Organic Themes was invited to speak at WordCamp Phoenix in January of 2011. Our presentation was on the subject of Approaching Theme Design. We were very excited about this opportunity, and would like to share our presentation from the conference.
Here are a few theme design tips from the presentation:
Theme Design Tips For Publicly Released Themes
Background Images — This is a pet peeve of mine. Any patterns, gradients or images applied to a theme, and stored within a theme images folder are usually difficult for clients and customers to edit. Particularly if they are unfamiliar with uploading files via FTP, or image editing software. It’s best to keep your images to a bare minimum for ease of customization and fast load times.
It Has To Be Perfect — There’s no cutting corners! Don’t slack on the layout dimensions, borders, rollovers, line spacing or any aspect of the design. This also applies to the development. With a personal theme or a client, you have the freedom to jury rig your design and code to a certain extent. Not when offering a theme to the masses. It has to be perfect.
Typography — As all web designers know, typography on the web has its limits. It’s your job to be as creative as possible with web typography within those limitations, or the entire design will suffer. Pay extra close attention to line spacing, heading styles, link text, blockquotes and more. I don’t suggest using font replacement methods such as sIFR, Cufon or Google Fonts when offering a theme to the public — free or paid. While you might prefer one method over the other, they are still imperfect and will create complications with customers that want to change fonts on their own. Stick to web safe fonts. Just get creative with the limited options.
Be Prepared For Anything — Other people are going to be using these themes, not you.
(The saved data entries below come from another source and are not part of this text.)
//! Felts and constants.

ghost use Rattle.std.specs.Prelude.{◌≡◌};
ghost use Rattle.type_table.specs.View.{TypesView};
ghost use Rattle.libfunc_registry.specs.Fam.{fam_of};
ghost use Rattle.cost_table.specs.Felts as rows;
ghost use Rattle.cost_table.specs.Groups.{if_felts};
ghost use Rattle.cost_table.specs.Parts.{ArePartsOf};

use crate::part::{Part, Parts, operand, whole};
use crate::row::{FREE, Row, by_branch, known};
use casm_word::CellExpr;
use cell_terms::{Slot, Term};
use libfunc_registry::Libfunc;

/// The row of a libfunc of this group, for any branch.
pub(crate) fn felts_row(libfunc: Libfunc) -> Option<Row>
    ensures { (types : TypesView) → result ≡ if_felts rows.felts_row (fam_of types libfunc) }
{
    match libfunc {
        Libfunc::Const(_, _) => Some(FREE),
        Libfunc::FeltAdd => Some(FREE),
        Libfunc::FeltSub => Some(FREE),
        Libfunc::FeltMul => Some(FREE),
        Libfunc::IsZero(_) => Some(known(2, 0, 0)),
        Libfunc::UnwrapNonZero(_) => Some(FREE),
        _ => None,
    }
}

/// The terms of the results of a branch of a libfunc of this group, over the expressions of the arguments.
pub(crate) fn felts_parts(libfunc: Libfunc, args: &[CellExpr], branch: usize) -> Option<Parts>
    ensures { (types : TypesView) → ArePartsOf (if_felts (λ fam. rows.felts_terms args.now fam branch) (fam_of types libfunc)) result }
{
    let left = Slot::Arg(0);
    match libfunc {
        Libfunc::Const(_, word) => Some(Parts::Single(Part::One(Term::Word(word)))),
        Libfunc::FeltAdd => Some(Parts::Single(Part::One(Term::Add(left, operand(args, 1))))),
        Libfunc::FeltSub => Some(Parts::Single(Part::One(Term::Sub(left, operand(args, 1))))),
        Libfunc::FeltMul => Some(Parts::Single(Part::One(Term::Mul(left, operand(args, 1))))),
        Libfunc::IsZero(_) => Some(by_branch(branch, Parts::Nothing, Parts::Single(whole(0)))),
        Libfunc::UnwrapNonZero(_) => Some(Parts::Single(whole(0))),
        _ => None,
    }
}
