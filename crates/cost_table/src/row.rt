//! Rows of the table.

ghost use Rattle.std.specs.Prelude.{◌≡◌, ◌<◌, ◌≤◌, ◌^◌, length};
ghost use Rattle.libfunc_registry.specs.Fam.{fam_of};
ghost use Rattle.libfunc_registry.specs.Wanted.{IsPlaced};
ghost use Rattle.cost_table.specs.Rows as rows;
ghost use Rattle.cost_table.specs.Costs as costs;

use crate::arrays::arrays_row;
use crate::control::control_row;
use crate::costs::ApChange;
use crate::data::data_row;
use crate::dictionaries::dictionaries_row;
use crate::felts::felts_row;
use crate::gas::gas_row;
use crate::integers::integers_row;
use libfunc_registry::Libfunc;
use type_table::Types;

/// What a branch takes, apart from holes and from its share of what comes later.
#[derive(Clone, Copy, Debug, Drop)]
pub(crate) struct Row {
    /// Steps.
    pub steps: u32,
    /// Range checks.
    pub checks: u32,
    /// How far ap moves.
    pub ap: ApChange,
}

/// A branch that takes nothing.
pub(crate) const FREE: Row = Row {
    steps: 0,
    checks: 0,
    ap: ApChange::Known(0),
};

/// So many steps and range checks, and ap moves by so many cells.
pub(crate) fn known(steps: u32, checks: u32, change: u32) -> Row
    ensures { result ≡ rows.row steps checks change }
{
    Row {
        steps,
        checks,
        ap: ApChange::Known(change),
    }
}

/// So many steps and range checks, and nobody knows how far ap moves.
pub(crate) fn unknown(steps: u32, checks: u32) -> Row
    ensures { result ≡ rows.row_unknown steps checks }
{
    Row {
        steps,
        checks,
        ap: ApChange::Unknown,
    }
}

/// What is said of branch 0, or of branch 1, of a libfunc with two branches.
pub(crate) fn by_branch<T: Drop>(branch: usize, first: T, second: T) -> T
    ensures { result ≡ rows.by_branch branch first second }
{
    if branch == 0 { first } else { second }
}

/// The row of a branch, by its number from 0.
pub(crate) fn row_of(types: &Types, libfunc: Libfunc, branch: usize) -> Row
    requires { IsPlaced types.now libfunc }
    ensures { result ≡ costs.row_of (fam_of types.now libfunc) branch }
{
    if let Some(row) = control_row(types, libfunc) {
        return row;
    }
    if let Some(row) = gas_row(libfunc, branch) {
        return row;
    }
    if let Some(row) = felts_row(libfunc) {
        return row;
    }
    if let Some(row) = integers_row(libfunc, branch) {
        return row;
    }
    if let Some(row) = data_row(types, libfunc, branch) {
        return row;
    }
    if let Some(row) = arrays_row(types, libfunc, branch) {
        return row;
    }
    dictionaries_row(libfunc).unwrap()
}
They’re going to do weird stuff with them. And you need to be prepared for a post filled with nothing but headings and video, or iframes, or Flash, or ads, or 10MB images. When people start stacking weird content on top of each other that you didn’t anticipate, you’re going to have design problems.
Master Doing Lots With A Little — This is where the creativity really comes in! If you must keep your background images and fonts limited, you better have some other aces up your sleeve for designing unique themes. Personally, I enjoy the challenge of working with the space creatively.
Label Everything — If your using Photoshop, label every single layer. Particularly if you are not developing the theme, or plan to offer the design file to the public. It will save you, the developer and anybody else using the design file loads of time in the long run.